Your reply should contain only the line with "fn canonical_forms_keep_characters(rt: HostRuntime)" and the lines after it through the end of the data, each written out exactly.

+++ DATA

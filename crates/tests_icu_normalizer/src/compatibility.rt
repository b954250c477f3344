//! NFKD and NFKC of texts, and what stays of them in NFD and NFC.

use crate::calls::{Ask, Call, Kind, Row};
use crate::given::gives_given;
use std::alloc::Global;

/// A text, its NFKD and its NFKC, as an independent reading of the definitions gives them.
const ROWS: [Row<'static>; 30] = [
    ("", "", ""),
    ("x", "x", "x"),
    ("\u{b2}", "2", "2"),
    ("\u{ff9e}", "\u{3099}", "\u{3099}"),
    ("\u{304b}\u{ff9e}", "\u{304b}\u{3099}", "\u{304c}"),
    ("\u{ff9f}\u{ff9e}", "\u{309a}\u{3099}", "\u{309a}\u{3099}"),
    ("a\u{301}\u{323}", "a\u{323}\u{301}", "\u{1ea1}\u{301}"),
    (
        "\u{1ea1}\u{301}\u{b2}",
        "a\u{323}\u{301}2",
        "\u{1ea1}\u{301}2",
    ),
    ("\u{b2}\u{323}\u{302}", "2\u{323}\u{302}", "2\u{323}\u{302}"),
    ("\u{a0}", " ", " "),
    ("a\u{a0}\u{301}", "a \u{301}", "a \u{301}"),
    ("\u{a8}", " \u{308}", " \u{308}"),
    ("\u{a8}\u{323}", " \u{323}\u{308}", " \u{323}\u{308}"),
    ("\u{a8}\u{301}", " \u{308}\u{301}", " \u{308}\u{301}"),
    ("\u{fb01}", "fi", "fi"),
    ("\u{fb03}\u{323}", "ffi\u{323}", "ffi\u{323}"),
    (
        "\u{fdfb}",
        "\u{62c}\u{644} \u{62c}\u{644}\u{627}\u{644}\u{647}",
        "\u{62c}\u{644} \u{62c}\u{644}\u{627}\u{644}\u{647}",
    ),
    ("\u{17f}\u{307}", "s\u{307}", "\u{1e61}"),
    ("\u{1e9b}\u{323}", "s\u{323}\u{307}", "\u{1e61}\u{323}"),
    ("\u{1e61}", "s\u{307}", "\u{1e61}"),
    ("a\u{301}\u{ff9e}", "a\u{3099}\u{301}", "\u{e1}\u{3099}"),
    (
        "a\u{ff9e}\u{301}\u{323}",
        "a\u{3099}\u{323}\u{301}",
        "\u{1ea1}\u{3099}\u{301}",
    ),
    (
        "\u{ac01}\u{ff9f}",
        "\u{1100}\u{1161}\u{11a8}\u{309a}",
        "\u{ac01}\u{309a}",
    ),
    (
        "\u{1100}\u{1161}\u{ff9e}",
        "\u{1100}\u{1161}\u{3099}",
        "\u{ac00}\u{3099}",
    ),
    (
        "\u{ac00}\u{11a8}\u{b2}",
        "\u{1100}\u{1161}\u{11a8}2",
        "\u{ac01}2",
    ),
    ("\u{344}\u{b2}", "\u{308}\u{301}2", "\u{308}\u{301}2"),
    ("\u{1d400}\u{323}", "A\u{323}", "A\u{323}"),
    ("\u{1109a}\u{b2}", "\u{11099}\u{110ba}2", "\u{1109a}2"),
    ("e\u{301}\u{323}", "e\u{323}\u{301}", "e\u{323}\u{301}"),
    ("ab2", "ab2", "ab2"),
];

/// A text, its NFD and its NFC, as the same reading gives them: what is mapped by compatibility stays.
const KEPT: [Row<'static>; 10] = [
    ("\u{b2}", "\u{b2}", "\u{b2}"),
    ("\u{ff9e}", "\u{ff9e}", "\u{ff9e}"),
    ("\u{304b}\u{ff9e}", "\u{304b}\u{ff9e}", "\u{304b}\u{ff9e}"),
    ("\u{a8}\u{323}", "\u{a8}\u{323}", "\u{a8}\u{323}"),
    ("\u{fb01}", "\u{fb01}", "\u{fb01}"),
    (
        "\u{1e9b}\u{323}",
        "\u{17f}\u{323}\u{307}",
        "\u{1e9b}\u{323}",
    ),
    ("\u{a0}", "\u{a0}", "\u{a0}"),
    ("\u{1d400}", "\u{1d400}", "\u{1d400}"),
    ("\u{304b}\u{3099}", "\u{304b}\u{3099}", "\u{304c}"),
    ("\u{11099}\u{110ba}", "\u{11099}\u{110ba}", "\u{1109a}"),
];

/// Whether calls give the NFKD and NFKC of each row.
fn have_rows(alloc: Global, calls: &[Call]) -> bool {
    gives_given(alloc, Kind::Compatibility, Ask::Texts(calls, &ROWS))
}

/// Whether they give the NFD and NFC of each row of what stays.
fn keep_rows(alloc: Global, calls: &[Call]) -> bool {
    gives_given(alloc, Kind::Canonical, Ask::Texts(calls, &KEPT))
}

#[test]
fn ok_try_new_nfkd_unstable(rt: HostRuntime) {
    assert!(rt; have_rows(rt.alloc(), &[Call::WriteDecomposed]));
}

#[test]
fn ok_try_new_nfkc_unstable(rt: HostRuntime) {
    assert!(rt; have_rows(rt.alloc(), &[Call::WriteComposed]));
}

#[test]
fn compatible_forms(rt: HostRuntime) {
    assert!(rt; have_rows(rt.alloc(), &[Call::Normalize, Call::Iterate]));
}

#[test]
fn compatible_texts(rt: HostRuntime) {
    assert!(rt; have_rows(rt.alloc(), &[Call::IsNormalized, Call::SplitNormalized]));
}

#[test]
fn canonical_forms_keep_characters(rt: HostRuntime) {
    assert!(rt; keep_rows(rt.alloc(), &[Call::Normalize]));
}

++++++

** ANSWER TO THE EXERCISE **
fn canonical_forms_keep_characters(rt: HostRuntime) {
    assert!(rt; keep_rows(rt.alloc(), &[Call::Normalize]));
}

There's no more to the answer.